Hello Galaxy Developers.
We have come across an issue that is quite significant to our users.
The Preview mode chunks are duplicating rows when viewing large datasets.
We see duplicate lines in the preview that are not in the dataset when downloaded or used as input to other tools, they seem to be because the chunks used to load large data to the dataset preview overlap by 1 line. (the last in one is the first in the next)
I have an example file that reliably reproduces this issue if you require it. We have tried this on our own instances and on usegalaxy and found the same issue.
I'd appreciate any information you may have on this issue. Kind regards Jo
It appear that the size of large files are increase when they are uploaded to Galaxy. Do you also see the difference in size of file from original upload?
Hello,
Would you please share a link to the history that contains the example where display is overlapping/problematic? Send to galaxy-bugs@list.galaxyproject.org, from the same email used for your account, include the dataset number and a link to this post, and please be sure that the data is in an active state (not deleted) or it cannot be fully viewed/tested.

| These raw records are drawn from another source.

// Elimination logs: the replay of a log from elsewhere, and our own leading run with its log. `replay` and `run_logged` are the public
// entry points: no `requires`, and contracts that give the result and every lent store by equations.
#![tactic(auto)]

ghost use Rattle.std.specs.Prelude.{◌≡◌};
ghost use Rattle.stores.specs.Validity.{the_sizes_of};
ghost use Rattle.runs.specs.CallLaws as RunLaws;
ghost use Rattle.logs.specs.LogCalls as LogCalls;
ghost use Rattle.logs.specs.LoggedRuns.{logged_of};

use log_steps::lengths::STEPS;
use reduction::step::Progress;
use refusals::Refusal;
use runs::RunReport;
use sides::Side;

mod checks;
mod written;

// The result of our own run, and the steps of the log that it has written (SCOPE 13.5).
#[derive(Clone, Copy)]
pub struct Logged {
    pub run: Result<RunReport, Refusal>,
    pub steps: usize,
}

// A leading run on lent stores, and its log in a store of its own (SCOPE 13.5, 13.52).
pub fn run_logged(
    rows: &mut [i64],
    relations: &mut [i64],
    sizes: stores::validity::Sizes,
    count: usize,
    log: &mut [i64],
) -> Logged
    ensures { logged_of result rows.new relations.new log.new
        ≡ LogCalls.logged_call (the_sizes_of sizes) count log.old rows.old relations.old }
{
    if let Err(refusal) = checks::check(rows, relations, sizes, count, STEPS, log) {
        return Logged {
            run: Err(refusal),
            steps: 0,
        };
    }
    written::checked_run(rows, relations, sizes, count, log)
}

// A replay on stores that pass the checks, and what it leaves.
fn checked_replay(
    rows: &mut [i64],
    relations: &mut [i64],
    sizes: stores::validity::Sizes,
    count: usize,
    steps: usize,
    log: &[i64],
) -> Result<RunReport, Refusal>
    requires { LogCalls.check_replay (the_sizes_of sizes) count steps log.now rows.old relations.old ≡ 0 }
    ensures { RunLaws.call_of result rows.new relations.new
        ≡ LogCalls.replay_call (the_sizes_of sizes) count steps log.now rows.old relations.old }
{
    let first = Progress::start(sizes.equations, count);
    let span = stores::validity::span(sizes);
    let p = replays::replay_on(rows, relations, sizes.m, span, steps, log, first)?;
    Ok(runs::accepted(rows, span, Side::Leading, p))
}

// The replay of a log on lent stores: the checks, and the steps; the log is only read (SCOPE 13.4, 13.41, 13.42).
pub fn replay(
    rows: &mut [i64],
    relations: &mut [i64],
    sizes: stores::validity::Sizes,
    count: usize,
    steps: usize,
    log: &[i64],
) -> Result<RunReport, Refusal>
    ensures { RunLaws.call_of result rows.new relations.new
        ≡ LogCalls.replay_call (the_sizes_of sizes) count steps log.now rows.old relations.old }
{
    checks::check(rows, relations, sizes, count, steps, log)?;
    checked_replay(rows, relations, sizes, count, steps, log)
}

Thanks and we will investigate. Jen, Galaxy team
Thank you. I have sent this information to you.
Many thanks. Jo
Hello Jennifer,
I was wondering if you could confirm that you received the mail I sent containing the details you requested?
Many thanks Jo
I'm having trouble finding the email in the galaxy-bugs internal list, could you resend it or send to me directly? I'd like to take a look at this one.
I didn't look specifically at the size of the file, rather the number of lines. My file in Galaxy was correct (downloading it was identical to the source), however the display showed more lines than it stated were present in the metadata.
Joanna, the number of lines in the preview is an estimation. Counting lines for very large file is expensive so Galaxy guesses the amount of lines. For small files it should be accurate.
Hi Bjoern, We found that the line count shown was consistant with our input files so this estimation was fine, it was that some lines are duplicated in the display. So copying and pasting the file from the preview display does not produce a reliable copy of the data. It displays more lines than are truely there.